→ Task to complete
Copy the data exactly from the line that contains "place_number(count as u64 + 2)" through the line that contains "fn number_code(selection: &Selection, none: i64, code: &mut", keeping both end lines and leaving out everything else.

....

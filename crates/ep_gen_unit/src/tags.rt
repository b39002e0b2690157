//! The code of assignments to tags (ISO 10206, 6.5.3.3).
//!
//! The place of the record stays on the operands, and each use of it is a copy. The number of the variant that was selected
//! stays there as well; the value, under which the machine finds nothing, is kept in an auxiliary variable.

ghost use Rattle.std.specs.Prelude.{◌≡◌, ◌≤◌, ◌<◌, length, min, IfOk, OnOk, ◌∷◌, [], pos};
ghost use Rattle.ep_typed.specs.Trees.{AssignTag};
ghost use Rattle.ep_typed.specs.Viewed.{expr_of, place_of, tagging_of};
ghost use Rattle.ep_gen_code.specs.Instructions.{push};
ghost use Rattle.ep_gen_code.specs.Growth.{Grows};
ghost use Rattle.ep_gen_unit.specs.StmtGrowth.{AppendsChange, AppendsStmt, AppendsTaken, AppendsTried};
ghost use Rattle.ep_gen_unit.specs.TagCode.{clear_code, cleared_code, clears_code, none_before, none_now, number_code, number_length, rest_number, selected_code, selection_code, selection_length, selections_code, selections_length, tag_place_code, variants_code, within_code};

use crate::loops::assign_entire;
use ep_base::{Line, NoMemory};
use ep_gen_code::{Code, emit, field_number, land, leave_hole, next_place, place_number};
use ep_gen_expr::{TEST_LENGTH, apply_binary, entire_value_code, place_code, tests_code};
use ep_object::op;
use ep_typed::{CaseRange, CaseRanges, Selection, TagControl, TypedExpr, TypedPlace};
use ep_values::{Binary, run_error};
use std::alloc::Global;

/// What stands for no variant that was selected before.
const NONE_BEFORE: i64 = -1;

/// What stands for none that is selected now.
const NONE_NOW: i64 = -2;

/// Appends the code of an assignment to the tag of a record.
pub(crate) fn assign_tag_code(
    alloc: Global,
    line: Line,
    control: &TagControl,
    whole: &TypedPlace,
    selection: &Selection,
    value: &TypedExpr,
    code: &mut Code,
) -> Result<(), NoMemory>
    ensures { OnOk result (AppendsStmt code.old code.new (AssignTag line (tagging_of control.now)
        (place_of whole.now) selection.now (expr_of value.now))) }
{
    code.line = line;
    place_code(alloc, whole, code)?;
    assign_entire(alloc, line, &control.value, value, code)?;
    code.line = line;
    tried_code(alloc, control, selection, code)?;
    selected_code(selection, code)?;
    change_code(alloc, control, selection, code)?;
    taken_code(alloc, control, selection, code)
}

/// Appends the code that tries the value for the tag, and leaves the place of the tag.
fn tried_code(
    alloc: Global,
    control: &TagControl,
    selection: &Selection,
    code: &mut Code,
) -> Result<(), NoMemory>
    ensures { OnOk result (AppendsTried code.old code.new (tagging_of control.now) selection.now) }
{
    emit(code, op::DUP, 0, 0)?;
    tag_place_code(selection.tag, code)?;
    entire_value_code(alloc, &control.value, code)?;
    within_code(&control.low, &control.high, code)
}

/// Appends the code that tries a value against these bounds, which are seen to be integers where they are read.
fn within_code(low: &i64, high: &i64, code: &mut Code) -> Result<(), NoMemory>
    ensures { OnOk result (Grows code.old code.new (within_code code.old.line low.now high.now)) }
{
    check_code(*low, *high, code)
}

/// Appends the code that tries a value against these bounds, and drops it.
fn check_code(low: i64, high: i64, code: &mut Code) -> Result<(), NoMemory>
    ensures { OnOk result (Grows code.old code.new (within_code code.old.line low high)) }
{
    push_code(low, code)?;
    push_code(high, code)?;
    emit(code, op::CHECK, run_error::OUTSIDE_TYPE as i64, 0)?;
    emit(code, op::DROP, 0, 0)
}

/// Appends the code that leaves a number.
fn push_code(number: i64, code: &mut Code) -> Result<(), NoMemory>
    ensures { OnOk result (Grows code.old code.new (push code.old.line number ∷ [])) }
{
    emit(code, op::PUSH, number, 0)
}

/// Appends the code that leaves the number of the variant which the tag on top selects, in its place.
fn selected_code(selection: &Selection, code: &mut Code) -> Result<(), NoMemory>
    ensures { OnOk result (Grows code.old code.new
        (selected_code code.old.line (length code.old.instructions) selection.now)) }
{
    let start = next_place(code)?;
    let count = number_length(selection)?;
    let undefined = start as u64 + 4 + count as u64 + 1;
    emit(code, op::DUP, 0, 0)?;
    emit(code, op::DEFINED, 0, 0)?;
    emit(code, op::JUMP_FALSE, undefined as i64, 0)?;
    emit(code, op::LOAD, 0, 0)?;
    number_code(selection, NONE_BEFORE, code)?;
    emit(code, op::JUMP, (undefined + 2) as i64, 0)?;
    emit(code, op::DROP, 0, 0)?;
    push_code(NONE_BEFORE, code)
}

/// Appends the code by which the variants become undefined, where the value selects another one than that whose number is on
/// top.
fn change_code(
    alloc: Global,
    control: &TagControl,
    selection: &Selection,
    code: &mut Code,
) -> Result<(), NoMemory>
    ensures { OnOk result (AppendsChange code.old code.new (tagging_of control.now) selection.now) }
{
    let line = code.line;
    entire_value_code(alloc, &control.value, code)?;
    number_code(selection, NONE_NOW, code)?;
    apply_binary(Binary::Unequal, code)?;
    let skip = leave_hole(code)?;
    variants_code(selection, code)?;
    land(code, skip, op::JUMP_FALSE, line)
}

/// Appends the code by which the tag of the record gets the value.
fn taken_code(
    alloc: Global,
    control: &TagControl,
    selection: &Selection,
    code: &mut Code,
) -> Result<(), NoMemory>
    ensures { OnOk result (AppendsTaken code.old code.new (tagging_of control.now) selection.now) }
{
    tag_place_code(selection.tag, code)?;
    entire_value_code(alloc, &control.value, code)?;
    emit(code, op::STORE, 0, 0)
}

/// Appends the code that leaves the place of the tag in place of that of the record.
fn tag_place_code(tag: u32, code: &mut Code) -> Result<(), NoMemory>
    ensures { OnOk result (Grows code.old code.new (tag_place_code code.old.line tag)) }
{
    emit(code, op::FIELD, tag as i64, 0)?;
    emit(code, op::FIELD, 0, 0)
}

/// How many instructions try the labels of a variant, or the greatest `u64` where there are more.
fn selection_length(ranges: &[CaseRange]) -> u64
    ensures { result ≡ min (selection_length ranges.now) 18446744073709551615 }
{
    if ranges.is_empty() {
        return 0;
    }
    (ranges.len() as u64)
        .saturating_mul(TEST_LENGTH)
        .saturating_add(4)
}

/// How many instructions give the number of a variant. A number that a field cannot hold is refused.
fn number_length(selection: &Selection) -> Result<u32, NoMemory>
    ensures { IfOk result (λ k. k ≡ number_length selection.now) }
{
    let count = selections_length(selection.labels.items())?;
    place_number(count as u64 + 2)
}

fn selections_length(all: &[CaseRanges]) -> Result<u32, NoMemory>
    ensures { IfOk result (λ k. k ≡ selections_length all.now) }
{
    let mut total = 0;
    for ranges in all {
        total = selection_length(ranges.items()).saturating_add(total);
    }
    place_number(total)
}

/// Appends the code by which the value on top gives way to the number of the variant that it selects, or to this one.
fn number_code(selection: &Selection, none: i64, code: &mut Code) -> Result<(), NoMemory>
    ensures { OnOk result (Grows code.old code.new
        (number_code code.old.line (length code.old.instructions) selection.now none)) }
{
    let start = next_place(code)?;
    let count = number_length(selection)?;
    let leave = place_number(start as u64 + count as u64)?;
    selections_code(leave, selection.labels.items(), code)?;
    emit(code, op::DROP, 0, 0)?;
    rest_code(selection, none, code)
}

/// Appends the code that leaves what stands for the variant which is selected where no label has the value.
fn rest_code(selection: &Selection, none: i64, code: &mut Code) -> Result<(), NoMemory>
    ensures { OnOk result (Grows code.old code.new
        (push code.old.line (rest_number selection.now none) ∷ [])) }
{
    let count = field_number(selection.labels.items().len())?;
    if selection.completed {
        return count_code(count, code);
    }
    push_code(none, code)
}

/// Appends the code that leaves a count.
fn count_code(count: u32, code: &mut Code) -> Result<(), NoMemory>
    ensures { OnOk result (Grows code.old code.new (push code.old.line (pos count) ∷ [])) }
{
    emit(code, op::PUSH, count as i64, 0)
}

/// Appends the tests of the labels of all variants, each with its number where one of its labels has the value.
fn selections_code(leave: u32, all: &[CaseRanges], code: &mut Code) -> Result<(), NoMemory>
    ensures { OnOk result (Grows code.old code.new
        (selections_code code.old.line leave 0 (length code.old.instructions) all.now)) }
{
    let mut index: u64 = 0;
    for ranges in all {
        let number = place_number(index)?;
        selection_code(leave, number, ranges.items(), code)?;
        index += 1;
    }
    Ok(())
}

/// Appends the tests of the labels of a variant with this number.
fn selection_code(
    leave: u32,
    number: u32,
    ranges: &[CaseRange],
    code: &mut Code,
) -> Result<(), NoMemory>
    ensures { OnOk result (Grows code.old code.new
        (selection_code code.old.line leave number (length code.old.instructions) ranges.now)) }
{
    if ranges.is_empty() {
        return Ok(());
    }
    let start = next_place(code)?;
    let count = field_number(ranges.len())?;
    let body = place_number(start as u64 + TEST_LENGTH * count as u64 + 1)?;
    tests_code(body, ranges, code)?;
    emit(code, op::JUMP, (body as u64 + 3) as i64, 0)?;
    emit(code, op::DROP, 0, 0)?;
    emit(code, op::PUSH, number as i64, 0)?;
    emit(code, op::JUMP, leave as i64, 0)
}

/// Appends the code by which all variants become undefined.
fn variants_code(selection: &Selection, code: &mut Code) -> Result<(), NoMemory>
    ensures { OnOk result (Grows code.old code.new (variants_code code.old.line selection.now)) }
{
    let first = selection.tag as u64 + 1;
    let count = field_number(selection.labels.items().len())?;
    clears_code(first, selection.labels.items(), code)?;
    if selection.completed {
        clear_code(first + count as u64, code)?;
    }
    Ok(())
}

/// Appends the code by which the variants with these labels become undefined, which are components from this number on.
fn clears_code(first: u64, all: &[CaseRanges], code: &mut Code) -> Result<(), NoMemory>
    requires { first ≤ 4294967296 }
    ensures { OnOk result (Grows code.old code.new (clears_code code.old.line first all.now)) }
{
    let mut index: u64 = 0;
    for ranges in all {
        let number = place_number(index)?;
        cleared_code(first + number as u64, ranges.items(), code)?;
        index += 1;
    }
    Ok(())
}

/// Appends the code by which a variant with these labels becomes undefined.
fn cleared_code(number: u64, ranges: &[CaseRange], code: &mut Code) -> Result<(), NoMemory>
    requires { number < 9223372036854775808 }
    ensures { OnOk result (Grows code.old code.new (cleared_code code.old.line number ranges.now)) }
{
    if ranges.is_empty() {
        return Ok(());
    }
    clear_code(number, code)
}

/// Appends the code by which the component with this number becomes undefined.
fn clear_code(number: u64, code: &mut Code) -> Result<(), NoMemory>
    requires { number < 9223372036854775808 }
    ensures { OnOk result (Grows code.old code.new (clear_code code.old.line number)) }
{
    emit(code, op::DUP, 0, 0)?;
    emit(code, op::FIELD, number as i64, 0)?;
    emit(code, op::UNDEFINE, 0, 0)
}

....

→ Result of this task
    place_number(count as u64 + 2)
}

fn selections_length(all: &[CaseRanges]) -> Result<u32, NoMemory>
    ensures { IfOk result (λ k. k ≡ selections_length all.now) }
{
    let mut total = 0;
    for ranges in all {
        total = selection_length(ranges.items()).saturating_add(total);
    }
    place_number(total)
}

/// Appends the code by which the value on top gives way to the number of the variant that it selects, or to this one.
fn number_code(selection: &Selection, none: i64, code: &mut Code) -> Result<(), NoMemory>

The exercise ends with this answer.